Even the Canadian Pension System Isn’t Immune to the Bear Market
The Canadians, considered among the best investors in the world, lost almost 9 percent on average in the second quarter.
Canadian pension plans are viewed as among the most sophisticated allocators, with an enviable investment model. But, just like their U.S. counterparts, Canadian pensions plans didn’t escape the market decline.
During the second quarter of 2022, Canadian pension plans saw steep declines in line with those of U.S. pension plans. According to data from the Northern Trust Canada Universe, the median Canadian pension plan fell 8.8 percent in the second quarter and 14.5 percent year-over-year.
The second quarter marked the global economy’s descent into a bear market after a nearly 13-year long bull market. Canadian and U.S. equities declined over the period, 13.2 percent and 13.4 percent, respectively. All sectors experienced losses in both the Canadian and U.S. markets.
Additionally, with surges in inflation, fears of a looming recession, and sharp declines in commodity pricing, cryptocurrencies, and bond yields, U.S pension plans also felt the pain of the current economic environment. U.S. public pension plans are expected to have average loss of 10.4 percent for the fiscal year 2022, Institutional Investor previously reported. This is the first annual loss since 2009.
“The most recent quarter served as a reminder of how rapidly markets can shift course,” Katie Pries, president and chief executive officer of Northern Trust Canada, said in a statement. “We saw extreme market declines in the early days of the pandemic and now we are experiencing it again in the face of changing monetary policy.”
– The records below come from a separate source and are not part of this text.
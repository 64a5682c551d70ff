//! What continuations name (core specification, 3.2, composite types).

ghost use Rattle.std.specs.Prelude.{◌↔◌, map, All, IsTrue};
ghost use Rattle.form_reader.specs.Views.{composite_of, sub_type_of, group_of};
ghost use Rattle.rule_spec.specs.TypeRules.{IsFunction};
ghost use Rattle.form_types.specs.Distinct.{KeepsGroups};
ghost use Rattle.form_types.specs.Types.{types_by_id, NamesFunction, CompositeContinues, ContinuesFunction};

use crate::distinct::Distinct;
use form_reader::{CompositeInnerType, SubType};
use wasm_spec::UnpackedIndex;

/// Whether a composite type is a function type.
pub fn is_function(kind: &CompositeInnerType) -> bool
    ensures { IsTrue result ↔ IsFunction (composite_of kind.now) }
{
    match kind {
        CompositeInnerType::Func(_) => true,
        CompositeInnerType::Array(_)
        | CompositeInnerType::Struct(_)
        | CompositeInnerType::Cont(_) => false,
    }
}

/// Whether an id is that of a function type.
fn names_function(distinct: &Distinct, index: &UnpackedIndex) -> bool
    requires { KeepsGroups distinct.now (map group_of distinct.now.groups.items) }
    ensures { IsTrue result ↔ NamesFunction (types_by_id (map group_of distinct.now.groups.items)) index.now }
{
    match index {
        UnpackedIndex::Id(id) => {
            (id.0 as usize) < distinct.numbers.len()
                && is_function(&distinct.type_of(*id).composite)
        }
        UnpackedIndex::Module(_) | UnpackedIndex::RecGroup(_) => false,
    }
}

fn continues_function(distinct: &Distinct, kind: &CompositeInnerType) -> bool
    requires { KeepsGroups distinct.now (map group_of distinct.now.groups.items) }
    ensures { IsTrue result ↔ CompositeContinues (types_by_id (map group_of distinct.now.groups.items)) (composite_of kind.now) }
{
    match kind {
        CompositeInnerType::Cont(function) => names_function(distinct, function),
        CompositeInnerType::Func(_)
        | CompositeInnerType::Array(_)
        | CompositeInnerType::Struct(_) => true,
    }
}

fn members_continue(distinct: &Distinct, types: &[SubType]) -> bool
    requires { KeepsGroups distinct.now (map group_of distinct.now.groups.items) }
    ensures { IsTrue result ↔ All (ContinuesFunction (types_by_id (map group_of distinct.now.groups.items))) (map sub_type_of types.now) }
{
    types
        .iter()
        .all(|ty| continues_function(distinct, &ty.composite))
}

/// Whether each continuation names a function type, of types that are named by ids.
pub fn continuations_hold(distinct: &Distinct) -> bool
    requires { KeepsGroups distinct.now (map group_of distinct.now.groups.items) }
    ensures { IsTrue result
        ↔ All (ContinuesFunction (types_by_id (map group_of distinct.now.groups.items))) (types_by_id (map group_of distinct.now.groups.items)) }
{
    distinct
        .groups
        .iter()
        .all(|group| members_continue(distinct, &group.types))
}
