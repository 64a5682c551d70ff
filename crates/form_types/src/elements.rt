//! The ids of the members of a group.

ghost use Rattle.std.specs.Prelude.{◌≡◌, ◌≤◌, ◌-◌};
ghost use Rattle.form_types.specs.Ids.{ids_from};
ghost use Rattle.std.specs.Iterator.{YieldsFirst, item_count};

use std::marker::Model;
use wasm_spec::CoreTypeId;

/// The number of a distinct group in one list of types, from 0 on.
#[derive(Clone, Copy, Debug, PartialEq, Eq, PartialOrd, Ord, Hash)]
pub struct RecGroupId(pub u32);

/// The ids of the members of a group, in order.
#[derive(Drop)]
pub struct CoreTypeIds {
    next: u64,
    end: u64,
}

impl Model for CoreTypeIds {
    ghost use Rattle.std.specs.Prelude.{◌-◌, ◌^◌, ◌≤◌, List};
    ghost use Rattle.wasm_spec.specs.declared.types.CoreTypeId.{CoreTypeId};
    ghost use Rattle.form_types.specs.Ids.{ids_from};

    ghost Value = { List CoreTypeId };

    ghost view = { λ it. ids_from it.next (it.end - it.next) };

    ghost invariant = { λ it. it.end ≤ 2 ^ 32 };
}

impl CoreTypeIds {
    /// The ids from `next` up to, but not including, `end`.
    pub(crate) fn between(next: u32, end: u32) -> CoreTypeIds
        requires { next ≤ end }
        ensures { result ≡ ids_from next (end - next) }
    {
        CoreTypeIds {
            next: u64::from(next),
            end: u64::from(end),
        }
    }
}

impl Iterator for CoreTypeIds {
    type Item = CoreTypeId;

    ghost next_gives = { YieldsFirst (λ left. left) };

    ghost remaining = { item_count (λ left. left) };

    #[tactic(auto, using(crate::proofs::Counting::ids_first, crate::proofs::Counting::ids_end))]
    fn next(&mut self) -> Option<CoreTypeId> {
        if self.next >= self.end {
            return None;
        }
        let id = CoreTypeId(self.next as u32);
        self.next += 1;
        Some(id)
    }
}
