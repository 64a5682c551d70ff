//! The interned types of a module, for the translation: each group once, with the trampolines of
//! its functions.
//!
//! Each growing call follows the definition of the interned list. After an error the builder is
//! poisoned, and later growing calls return `Poisoned`. Two declared types have one interned index
//! exactly where they are equal.
//!
//! ```
//! let mut builder = ModuleTypesBuilder::new(alloc, &validator);
//! let index = builder.intern_type(&types, id)?;
//! let exception = builder.define_exception_type_for_tag(index)?;
//! let list = builder.finish();
//! let ty = list.get(index);
//! ```
//!
//! Interning a group again changes nothing. Trampolines are found by seeded hashes.
//!
//! Read on: `builder`, `interning`, `list`; `type_spec/specs/Interned.antt` has the definition.
#![tactic(auto)]

mod builder;
mod converter;
mod error;
mod group_converter;
mod indices_by_key;
mod interner;
mod interning;
mod iterators;
mod laws;
mod list;
mod mapped;
mod mapped_types;
mod passed;
mod trace;
mod unwrap;

pub use builder::ModuleTypesBuilder;
pub use converter::{TypeLookUp, WasmparserTypeConverter};
pub use error::BuildError;
pub use iterators::{RecGroupElements, RecGroups, TrampolineTypes};
pub use laws::{
    built_groups_law, compared_before_law, compared_groups_law, declared_groups_law, declared_law,
    earlier_law, equal_lists_law, has_trampoline_law, holds_law, next_group_law,
    one_trampoline_law, ranges_law, runs_law, same_type_law, told_by_forms_law, trampolines_law,
    well_named_law,
};
pub use list::{ModuleTypes, TypesMut, WasmTypesIter};
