//! The groups that were read, by their keys.

ghost use Rattle.std.specs.Prelude.{◌≡◌, ◌+◌, ◌<◌, ◌^◌, ◌++◌, ◌∷◌, [], IfOk, OnOk, MatchOption, Some, cond, length, map};
ghost use Rattle.std.specs.Hash.DefaultHasher as sip;
ghost use Rattle.std.specs.List.{range_with_len, fold};
ghost use Rattle.form_reader.specs.TypeBytes.{type_bytes};
ghost use Rattle.form_reader.specs.Views.{sub_type_of};
ghost use Rattle.form_types.specs.Types.{NamedGroup};
ghost use Rattle.form_types.specs.EarlierTypes.{ids_of};
ghost use Rattle.form_types.specs.Placed.{placed};
ghost use Rattle.form_types.specs.Keys.{key_of, read_key, targets};
ghost use Rattle.form_types.specs.Finding.{first_of, next_key};

use crate::canonical::CanonicalGroup;
use crate::earlier_types::EarlierTypes;
use entity_map::Seeded;
use form_reader::{SubType, type_section_bytes};
use std::alloc::{AllocError, Global};
use std::collections::HashMap;
use std::hash::{DefaultHasher, Hasher};
use wasm_spec::{CoreTypeId, UnpackedIndex};

/// The first id of each group that was read, by its key.
pub type FirstIds = HashMap<CanonicalGroup, u32, Seeded>;

/// A digest of the bytes that spell a module's types, from which hashes begin: groups that are
/// chosen to collide change it as well.
pub fn seed_of(wasm: &[u8]) -> u64
    ensures { result ≡ sip.finish (fold sip.write sip.initial (type_bytes wasm.now ∷ [])) }
{
    let mut digest = DefaultHasher::new();
    digest.write(type_section_bytes(wasm));
    digest.finish()
}

/// Writes a group, as it was read, to `key`, whose contents are no longer needed.
pub fn read_key(key: &mut CanonicalGroup, types: &[SubType]) -> Result<(), AllocError>
    ensures { OnOk result (key_of key.new ≡ read_key (map sub_type_of types.now)) }
{
    key.clear();
    key.add_group(types)
}

/// What was read of the next group becomes its key.
pub fn name_key(key: &mut CanonicalGroup, ids: &[CoreTypeId])
    requires { length ids.now < 2 ^ 30 }
    ensures key { (g : NamedGroup) → key_of key.old ≡ read_key g → key_of key.new ≡ next_key (ids_of ids.now) (placed g) }
    ensures count { length key.new.references.items ≡ length key.old.references.items }
{
    let start = ids.len() as u32;
    name_targets(&mut key.references, EarlierTypes { ids, start });
}

/// Each reference becomes what it names.
fn name_targets(references: &mut Vec<UnpackedIndex>, earlier: EarlierTypes<'_>)
    ensures { references.new.items ≡ targets (ids_of earlier.entry.ids.now) earlier.entry.start references.old.items }
{
    for place in 0..references.len() {
        references[place] = earlier.target(references[place]);
    }
}

/// The first id of the group that has this key; if there is none, `next` is recorded for the key.
pub fn find_or_note(
    alloc: Global,
    first_ids: &mut FirstIds,
    key: &CanonicalGroup,
    next: u32,
) -> Result<Option<u32>, AllocError>
    ensures found { IfOk result (λ found. found ≡ first_of first_ids.old key.now) }
    ensures noted { IfOk result (λ found. MatchOption found
        ((q : CanonicalGroup) → first_of first_ids.new q ≡ cond (⟦<CanonicalGroup as PartialEq>⟧.eq key.now q) (Some next) (first_of first_ids.old q))
        (λ _. (q : CanonicalGroup) → first_of first_ids.new q ≡ first_of first_ids.old q)) }
{
    if let Some(first) = first_ids.get(key).copied() {
        return Ok(Some(first));
    }
    first_ids.insert(key.copied(alloc)?, next)?;
    Ok(None)
}

/// Adds `count` consecutive ids.
#[tactic(auto, using(crate::proofs::Rows::row_more))]
pub fn push_row(ids: &mut Vec<CoreTypeId>, first: u32, count: usize) -> Result<(), AllocError>
    requires { first + count < 2 ^ 32 }
    ensures { OnOk result (ids_of ids.new.items ≡ ids_of ids.old.items ++ range_with_len first count) }
{
    for place in 0..count {
        ids.push(CoreTypeId(first + place as u32))?;
    }
    Ok(())
}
Pries added that although rising interest rates create market uncertainty — and a potential decline in the value of pension assets — higher rates can also lower the amount a pension needs to put aside to meet promises to beneficiaries. Pries said higher interest rates theoretically improve pension funding ratios and the overall financial health of plans — a “cushion through this volatile period.”
While both U.S. and Canadian pension plans were not immune to the most recent market downturn, Canadian plans have broadly been seen as more sophisticated than American funds. In the 2021 Mercer CFA Institute Global Pension Index, which grades the world’s pension systems, Canada received an overall index value of 69.8, indicating that the pension system “has a sound structure, with many good features, but has some areas for improvement that differentiates it from an A-grade system.”
The U.S. received an overall index value of 61.4, putting it in a group of pension systems that “has some good features, but also has major risks and/or shortcomings that should be addressed. Without these improvements, its efficacy and/or long-term sustainability can be questioned.”
Despite these different quality ratings, neither retirement system could withstand the pain of the bear market in the second quarter.